If the development team is our customer, we must uncover the experience they expect from us. This is not an easy task. In many cases, developers may expect an experience similar to a cloud experience. This is often summarized as "give me the resources but stay out of the way."
Let's run with that expectation. How can infrastructure teams provide the right resources but stay out of the way? Here are a few steps to consider:
- Create service catalogs and expose all infrastructure resources as self-service consumable items.
- Identify organizational policies that impact tools and frameworks used by developers.
- Identify the enterprise products supporting those frameworks.
- Map organizational policies to features in these products.
- Does the framework support data-at-rest encryption? Does the organization need it?
- Does the framework support a way to track vulnerabilities and remediate container images?
- Does the framework integrate with my existing physical and virtual infrastructure?
- Does the framework support multi-data center and multicloud deployments?

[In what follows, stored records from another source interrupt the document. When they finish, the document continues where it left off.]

// The bench's session that numbers are.
ghost use Rattle.std.specs.Prelude.{◌≡◌};
ghost use Rattle.library_numbers.specs.Numbers.{is_set, point_of, operator_of, rectangle_of, ellipse_of, slice_of, region_of, spot_of, course_of, stage_of, bench_of};

use crate::tallies::tally_of;
use crate::{Eight, Four, Shape, State};
use operator::Operator;
use region::{Ellipse, Job, Rectangle, Region, Slice};
use ring::Point;
use session_stages::{Course, Parts, Session, Stage};
use session_tallying::Tallied;

// Whether a flag is set: it is not 0.
pub fn is_set(x: u8) -> bool
    ensures { result ≡ is_set x }
{
    x != 0
}

// The point of four numbers.
pub fn point_of(f: Four) -> Point
    ensures { result ≡ point_of f }
{
    Point {
        a: f.a,
        b: f.b,
        c: f.c,
        d: f.d,
    }
}

// The operator of eight numbers.
pub fn operator_of(f: Eight) -> Operator
    ensures { result ≡ operator_of f }
{
    Operator {
        a: f.a,
        b: f.b,
        c: f.c,
        d: f.d,
        ai: f.ai,
        bi: f.bi,
        ci: f.ci,
        di: f.di,
    }
}

fn rectangle_of(s: Shape) -> Rectangle
    ensures { result ≡ rectangle_of s }
{
    Rectangle {
        n: s.n,
        xl: s.xl,
        xh: s.xh,
        yl: s.yl,
        yh: s.yh,
    }
}

fn ellipse_of(s: Shape) -> Ellipse
    ensures { result ≡ ellipse_of s }
{
    Ellipse {
        n: s.n,
        cx: s.cx,
        cy: s.cy,
        p: s.p,
        q: s.q,
        r: s.r,
        s: s.s,
    }
}

fn slice_of(s: Shape) -> Slice
    ensures { result ≡ slice_of s }
{
    Slice {
        n: s.n,
        zx: s.zx,
        zy: s.zy,
        w: s.w,
    }
}

// The region of a shape.
pub fn region_of(s: Shape) -> Region
    ensures { result ≡ region_of s }
{
    match s.kind {
        2 => Region::Rectangle(rectangle_of(s)),
        3 => Region::Ellipse(ellipse_of(s)),
        _ => Region::Slice(slice_of(s)),
    }
}

// The place of a walk.
pub fn spot_of(ended: u8, v: Point) -> Option<Point>
    ensures { result ≡ spot_of ended v }
{
    if ended == 0 { Some(v) } else { None }
}

fn course_of(s: State) -> Course
    ensures { result ≡ course_of s }
{
    Course {
        job: Job {
            k: s.k,
            all: is_set(s.all),
            a: region_of(s.a),
            b: region_of(s.b),
        },
        spot: spot_of(s.ended, point_of(s.spot)),
        operator: operator_of(s.operator),
    }
}

fn stage_of(s: State) -> Stage
    ensures { result ≡ stage_of s }
{
    match s.stage {
        1 => Stage::Early(Parts::Scaled(s.k)),
        2 => Stage::Early(Parts::Selected(s.k, is_set(s.all))),
        3 => Stage::Early(Parts::First(s.k, is_set(s.all), region_of(s.a))),
        4 => Stage::Walking(course_of(s)),
        _ => Stage::Early(Parts::Nothing),
    }
}

// The session, with its tally.
pub fn session_of(s: State) -> Tallied
    ensures { result ≡ bench_of s }
{
    Tallied {
        session: Session { stage: stage_of(s) },
        tally: tally_of(s.tally),
    }
}
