// The counts, as a tally and back.
ghost use Rattle.std.specs.Prelude.{◌≡◌};
ghost use Rattle.library_numbers.specs.Numbers.{tally_of, counts_of};

use crate::{Count, Counts};
use integers_wide::Size;
use session_tally::Tally;

// The tally.
pub(crate) fn tally_of(c: Counts) -> Tally
    ensures { result ≡ tally_of c }
{
    let mut counts = [Size { hi: 0, lo: 0 }; 21];
    for (e, n) in c.counts.iter().enumerate() {
        counts[e] = Size { hi: n.hi, lo: n.lo };
    }
    Tally { counts }
}

// The counts of a tally.
pub fn counts_of(t: Tally) -> Counts
    ensures { result ≡ counts_of t }
{
    let mut counts = [Count { hi: 0, lo: 0 }; 21];
    for (e, n) in t.counts.iter().enumerate() {
        counts[e] = Count { hi: n.hi, lo: n.lo };
    }
    Counts { counts }
}
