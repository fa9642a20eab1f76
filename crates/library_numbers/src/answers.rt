// The numbers of an answer, and of what a call leaves.
ghost use Rattle.std.specs.Prelude.{◌≡◌, []};
ghost use Rattle.session_stages.specs.Session.{answer_of};
ghost use Rattle.library_numbers.specs.Numbers.{told, least_of, reply_of, LeftOf};

use crate::forth::{flag, four_of, state_of};
use crate::{Four, Left, Reply};
use ring::Point;
use session_stages::Answer;
use session_tallying::Outcome;

// An answer of one number or flag.
pub fn told(kind: u8, number: u8, yes: bool, count: usize) -> Reply
    ensures { result ≡ told kind number yes count }
{
    Reply {
        kind,
        number,
        flag: flag(yes),
        scale: 0,
        count,
        u: Four::NONE,
        t: Four::NONE,
    }
}

// A pattern.
fn pattern_reply(k: u8, u: Point, t: Point) -> Reply
    ensures { result ≡ least_of k u t }
{
    Reply {
        kind: 5,
        number: 0,
        flag: 0,
        scale: k,
        count: 0,
        u: four_of(u),
        t: four_of(t),
    }
}

// The numbers of an answer: the kinds are those of the header for C.
pub fn reply_of(a: Answer) -> Reply
    ensures { result ≡ reply_of (answer_of [] a) }
{
    match a {
        Answer::Taken(n) => told(1, 0, false, n),
        Answer::Handed(n, end) => told(2, 0, end, n),
        Answer::Done => told(3, 0, false, 0),
        Answer::Says(yes) => told(4, 0, yes, 0),
        Answer::Least(k, u, t) => pattern_reply(k, u, t),
        Answer::Refused(f) => told(0, f.number(), false, 0),
    }
}

// What a call leaves: the numbers of its session and of its answer.
pub fn leaving(o: Outcome) -> Left
    ensures { LeftOf o result }
{
    Left {
        session: state_of(o.session),
        reply: reply_of(o.answer),
    }
}
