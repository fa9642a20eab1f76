// Compares a table of another implementation (data/, one row a line) with what the library says of slices, as A and as B, and prints how many rows differ.
// Rows `k | A or B | n zx zy w | a b c d | yes or no`.
#![tactic(auto)]

use region::{Job, Rectangle, Region, Slice};
use test_rows::Numbers;

fn main(rt: HostRuntime) {
    test_rows::compare(&rt, b"members", b"member.txt", |row, _| { right(row) });
}

// Whether the job with the row's slice on its side says of the row's point what the row says.
fn right(row: &[u8]) -> bool {
    let n = Numbers::of(row).values;
    let Some(k) = console_arguments::byte_of(n[0]) else {
        return false;
    };
    let Some(v) = console_arguments::point_at(&n, 5) else {
        return false;
    };
    let Some(a) = slice_of(n[1], n[2], n[3], n[4]) else {
        return false;
    };
    let j = job_of(k, a, row.contains(&b'B'));
    region_membership::solves(j, v) == row.contains(&b'y')
}

fn slice_of(n: i64, zx: i64, zy: i64, w: i64) -> Option<Slice> {
    let n = console_arguments::byte_of(n)?;
    let zx = integers::to_i16(zx)?;
    let zy = integers::to_i16(zy)?;
    let w = integers::to_i32(w)?;
    Some(Slice {
        n: u16::from(n),
        zx,
        zy,
        w,
    })
}

// The slice as B or as A; the other side is a square that holds all points of the table and their conjugates.
fn job_of(k: u8, s: Slice, second: bool) -> Job {
    let (a, b) = if second {
        (square(), Region::Slice(s))
    } else {
        (Region::Slice(s), square())
    };
    Job { k, all: true, a, b }
}

fn square() -> Region {
    Region::Rectangle(Rectangle {
        n: 1,
        xl: -10000,
        xh: 10000,
        yl: -10000,
        yh: 10000,
    })
}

- Which components do we protect or back up in these frameworks?
- Identify and define integration points between the infrastructure and the microservices frameworks.
- Enable infrastructure automation and orchestration. Make it easier for it to be consumed by microservices frameworks.
- Set up a new set of requirements for any new infrastructure to provide APIs and capabilities that can easily integrate with the microservices frameworks.
This scenario is a combination of the previous two. From the perspective of infrastructure teams, there is no DevOps, so they can start preparing infrastructure for it. At the same time, with cloud-based solutions already widespread throughout the organization, they're late to the game. So, where do we start?
- Track the tools and frameworks. If infrastructure teams are using the upstream versions, or don't have tools for governance and lifecycle management tools, this scenario is a version of scenario 2 above. The enterprise products supporting microservices frameworks can run in the cloud and on premises. These frameworks tend to have a strong hybrid cloud capability. Consider preparing your infrastructure to work with the microservices frameworks in the hybrid cloud configuration. A well-designed implementation of a mature microservices framework allows for the easy transition of workloads between on premises and public cloud.
- Create a cloud experience for your organization. Infrastructure teams need to operate as a service brokerage for the organization. It's not about buying multiple clusters of an OEM solution to achieve redundancy and call it "cloud ready." Delivering the cloud experience should contemplate designing for service availability, even during the failure of components. Think about storage service in a cloud environment. There are disk and node failures behind the scenes, but the service is still there. We must provide that experience in our infrastructure. This is part of what we can achieve by using software-defined storage (SDS), software-defined networking (SDN), or even going with software-defined data center (SDDC) solutions.
- Adopt automation and orchestration for everything in the data center. We must provide the services while staying out of the way.
If you find yourself overwhelmed by a torrent of tools, frameworks and platforms, remember that there is no such thing as buying DevOps. Many tools support agile methodologies and techniques used in DevOps.
DevOps is an outcome-driven culture. Instead of focusing on what to buy, focus on enabling and delivering the experience to your internal customers: the developers and applications teams. It can be a bumpy ride but one that's well worth taking.